In spite of the content and cancellation of the production, Joseph II brought Schikaneder over and he entered Imperial service from April 1785 through February 1786. During his service, he performed in the Austrian Nationaltheater at Burgtheater. During his debut he sang the role of Schwindel in Gluck's Singspiel Die Pilgrime von Mekka. During Easter 1788, the troupe run by Johann Friedel and Eleonore Schikaneder had settled as the resident troupe at the Theater auf der Wieden, located in a suburb of Vienna. Friedel died on 31 March 1789, leaving his entire estate to Eleonore, the theater was closed. Following this, Eleonore offered reconciliation to Schikaneder, who moved to Vienna in May to start a new company in the same theater in partnership with her; the new company was financed by a Masonic brother of Mozart. With plans of an emphasis on opera, Schikaneder brought two singers with him from his old troupe, tenor Benedikt Schack and bass Franz Xaver Gerl. From his wife's company he retained soprano Josepha Hofer, actor Johann Joseph Nouseul, Karl Ludwig Giesecke as librettist.

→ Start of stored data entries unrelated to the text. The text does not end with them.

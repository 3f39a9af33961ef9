// The starred cases are the table in specs/, which is proved. This program runs the others, and the refusals 8, 9 and 10 at their edges,
// through the player's calls, on small sheets that it makes as bytes. It ends with the status 1 where an answer is wrong.
#![tactic(auto)]

mod edges;

use control::Controls;
use refusal::Refusal;
use std::alloc::{AllocError, Global};
use std::io;
use std::io::Write;
use std::process::ExitCode;

// ---- small sheets

// The kinds of records that stand in them, by their numbers in a sheet.
#[derive(Clone, Copy)]
enum Kind {
    Sine = 1,
    Mix = 11,
    Mul = 12,
    Chain = 13,
    Gain = 21,
    Delay = 29,
    Reverb = 30,
    Chorus = 34,
    Const = 41,
    Arp = 44,
    Rand = 46,
    Step = 52,
}

// A record: its kind, the record that opens its chain and the one after it in the chain it stands in (0 for none), and the numbers that
// it has. What is not named here is zero in all of them.
#[derive(Clone, Copy)]
struct Record {
    kind: Kind,
    first: u16,
    next: u16,
    numbers: [f32; 3],
}

impl Record {
    fn new(kind: Kind, first: u16, next: u16) -> Record {
        Record {
            kind,
            first,
            next,
            numbers: [0.0; 3],
        }
    }

    fn with(self, numbers: [f32; 3]) -> Record {
        Record { numbers, ..self }
    }

    fn write(self, sheet: &mut Vec<u8>) -> Result<(), AllocError> {
        sheet.extend_from_slice(&[self.kind as u8, 0])?;
        sheet.extend_from_slice(&self.first.to_le_bytes())?;
        sheet.extend_from_slice(&self.next.to_le_bytes())?;
        sheet.extend_from_slice(&[0; 2])?;
        for number in self.numbers {
            sheet.extend_from_slice(&float::to_bits(number).to_le_bytes())?;
        }
        sheet.extend_from_slice(&[0; 20])
    }
}

// More records than a count can say would make a sheet that is refused by its length.
fn sheet_of(rate: u32, records: &[Record], alloc: Global) -> Result<Vec<u8>, AllocError> {
    let count = u16::try_from(records.len()).unwrap_or(0);
    let mut sheet = Vec::new(alloc);
    sheet.extend_from_slice(&count.to_le_bytes())?;
    sheet.extend_from_slice(&[0; 2])?;
    sheet.extend_from_slice(&rate.to_le_bytes())?;
    sheet.extend_from_slice(&[0; 16])?;
    for record in records {
        (*record).write(&mut sheet)?;
    }
    Ok(sheet)
}

// ---- what a voice is lent

// `offsets::Needs` is what a sheet needs, and this what is lent, which may be less.
#[derive(Clone, Copy)]
struct Room {
    cells: usize,
    registers: usize,
    scratch: usize,
}

// What a voice is lent. `voice_vectors` and `render_voice` have the like; a crate for all would be longer than they are.
#[derive(Drop)]
struct Lent {
    out: Vec<f32>,
    cells: Vec<f32>,
    registers: Vec<u64>,
    scratch: Vec<f32>,
}

impl Lent {
    // No number of it is 0, so that one that is cleared shows. Each place is below any line's length here, and each phase below 1.
    fn new(room: Room, samples: usize, alloc: Global) -> Result<Lent, AllocError> {
        Ok(Lent {
            out: vec![in alloc; 0.75f32; samples]?,
            cells: vec![in alloc; 0.75f32; room.cells]?,
            registers: vec![in alloc; 3u64; room.registers]?,
            scratch: vec![in alloc; 0.75f32; room.scratch]?,
        })
    }
}

// ---- the cases

// More than any of their sheets needs.
const ROOM: Room = Room {
    cells: 8,
    registers: 8,
    scratch: 1024,
};

// The sample that a new voice makes at the position.
fn sample_at(sheet: &[u8], position: u64, lent: &mut Lent) -> Result<f32, Refusal> {
    let cells = lent.cells.as_mut_slice();
    let registers = lent.registers.as_mut_slice();
    let scratch = lent.scratch.as_mut_slice();
    let built = player::build(sheet, Controls::fresh(), cells, registers, scratch)?;
    let c = Controls { position, ..built };
    let mut out = [0.75];
    player::fill(sheet, c, &mut out, cells, registers, scratch)?;
    Ok(out[0])
}

// A sheet at 8,000 Hz, the position of the sample that is looked at, and what it must be.
#[derive(Clone, Copy)]
struct Case<'a> {
    name: &'a str,
    records: &'a [Record],
    position: u64,
    expected: f32,
}

impl<'a> Case<'a> {
    // Prints what the sample is, floats by their bits, and says whether it is right.
    fn run(self, output: &mut impl Write, alloc: Global) -> io::Result<bool> {
        let name = self.name;
        let sheet = sheet_of(8000, self.records, alloc)?;
        let mut lent = Lent::new(ROOM, 0, alloc)?;
        match sample_at(sheet.as_slice(), self.position, &mut lent) {
            Ok(x) => {
                writeln!(output, "{name}: {}", float::to_bits(x))?;
                Ok(float::to_bits(x) == float::to_bits(self.expected))
            }
            Err(refusal) => {
                writeln!(output, "{name}: refused {}", refusal.number())?;
                Ok(false)
            }
        }
    }
}

fn run_all(output: &mut impl Write, cases: &[Case<'_>], alloc: Global) -> io::Result<bool> {
    let mut right = true;
    for case in cases {
        right &= (*case).run(output, alloc)?;
    }
    Ok(right)
}

// A Mul of none, which is 1, at the Arp's gain: so the samples are the Arp's.
fn arps(output: &mut impl Write, alloc: Global) -> io::Result<bool> {
    let rate = [2.0, 0.0, 0.0];
    let without_steps = [
        Record::new(Kind::Chain, 1, 0),
        Record::new(Kind::Mul, 0, 2),
        Record::new(Kind::Gain, 3, 0),
        Record::new(Kind::Arp, 0, 0).with(rate),
    ];
    let of_two = [
        Record::new(Kind::Chain, 1, 0),
        Record::new(Kind::Mul, 0, 2),
        Record::new(Kind::Gain, 3, 0),
        Record::new(Kind::Arp, 4, 0).with(rate),
        Record::new(Kind::Step, 0, 5).with([0.5, 0.0, 0.0]),
        Record::new(Kind::Step, 0, 0).with([0.25, 0.0, 0.0]),
    ];
    let cases = [
        Case {
            name: "Arp without steps",
            records: &without_steps,
            position: 6000,
            expected: 0.0,
        },
        Case {
            name: "Arp of 0.5 and 0.25, second step",
            records: &of_two,
            position: 6000,
            expected: 0.25,
        },
    ];
    run_all(output, &cases, alloc)
}

// A Mix or a Mul of two Chains that play 0.5 and 0.25.
fn fold_of_two(fold: Kind) -> [Record; 9] {
    [
        Record::new(fold, 1, 0),
        Record::new(Kind::Chain, 2, 5),
        Record::new(Kind::Mul, 0, 3),
        Record::new(Kind::Gain, 4, 0),
        Record::new(Kind::Const, 0, 0).with([0.5, 0.0, 0.0]),
        Record::new(Kind::Chain, 6, 0),
        Record::new(Kind::Mul, 0, 7),
        Record::new(Kind::Gain, 8, 0),
        Record::new(Kind::Const, 0, 0).with([0.25, 0.0, 0.0]),
    ]
}

fn folds(output: &mut impl Write, alloc: Global) -> io::Result<bool> {
    let cases = [
        Case {
            name: "Mix of none",
            records: &[Record::new(Kind::Mix, 0, 0)],
            position: 0,
            expected: 0.0,
        },
        Case {
            name: "Mix of 0.5 and 0.25",
            records: &fold_of_two(Kind::Mix),
            position: 0,
            expected: 0.75,
        },
        Case {
            name: "Mul of none",
            records: &[Record::new(Kind::Mul, 0, 0)],
            position: 0,
            expected: 1.0,
        },
        Case {
            name: "Mul of 0.5 and 0.25",
            records: &fold_of_two(Kind::Mul),
            position: 0,
            expected: 0.125,
        },
    ];
    run_all(output, &cases, alloc)
}

// Fills longer than any memory: what the player asks before one is asked here by itself.
fn long_fills(output: &mut impl Write) -> io::Result<bool> {
    let at_0 = control::positions_left(0, 1 << 62);
    let at_1 = control::positions_left(1, u64::MAX);
    writeln!(output, "Position 0 has 2^62 left: {at_0}")?;
    writeln!(output, "Position 1 has 2^64 - 1 left: {at_1}")?;
    Ok(at_0 & !at_1)
}

fn main(rt: HostRuntime) -> io::Result<ExitCode> {
    let mut output = rt.stdout();
    let alloc = rt.alloc();
    let right = [
        arps(&mut output, alloc)?,
        folds(&mut output, alloc)?,
        long_fills(&mut output)?,
        edges::run(&mut output, alloc)?,
    ];
    if right.iter().all(|r| *r) {
        Ok(ExitCode::SUCCESS)
    } else {
        Ok(ExitCode::FAILURE)
    }
}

New additions to the troupe included Jakob Haibel. The new company was successful, Die Entführung aus dem Serail again became part of the repertory. Several aspects of the company's work emerged that came to be immortalized in The Magic Flute. A series of musical comedies starting with Der Dumme Gärtner aus dem Gebirge, oder Die zween Antons, premiered in July 1789; the comedy provided a vehicle for Schikaneder's comic stage persona. Another line of performances by the company involved fairy tale operas, starting with the 1789 premiere of Oberon, with music by Paul Wranitzky and a libretto, a readaptation of Sophie Seyler's original libretto; this was followed by Der Stein der Weisen oder Die Zauberinsel in September 1790, a collaborative opera marked by the musical collaboration of Gerl, Schack and Mozart. In a review of a performance at the Theater auf der Wieden by a north German commentator in 1793, most contemporary reviews were positive, noting a high standard of musical performance. In his unpublished autobiography, Ignaz von Seyfried recalled performances of operas in the early 1790s by Mozart, Süßmayr, Hoffmeister etc. writing that they were performed with rare skill.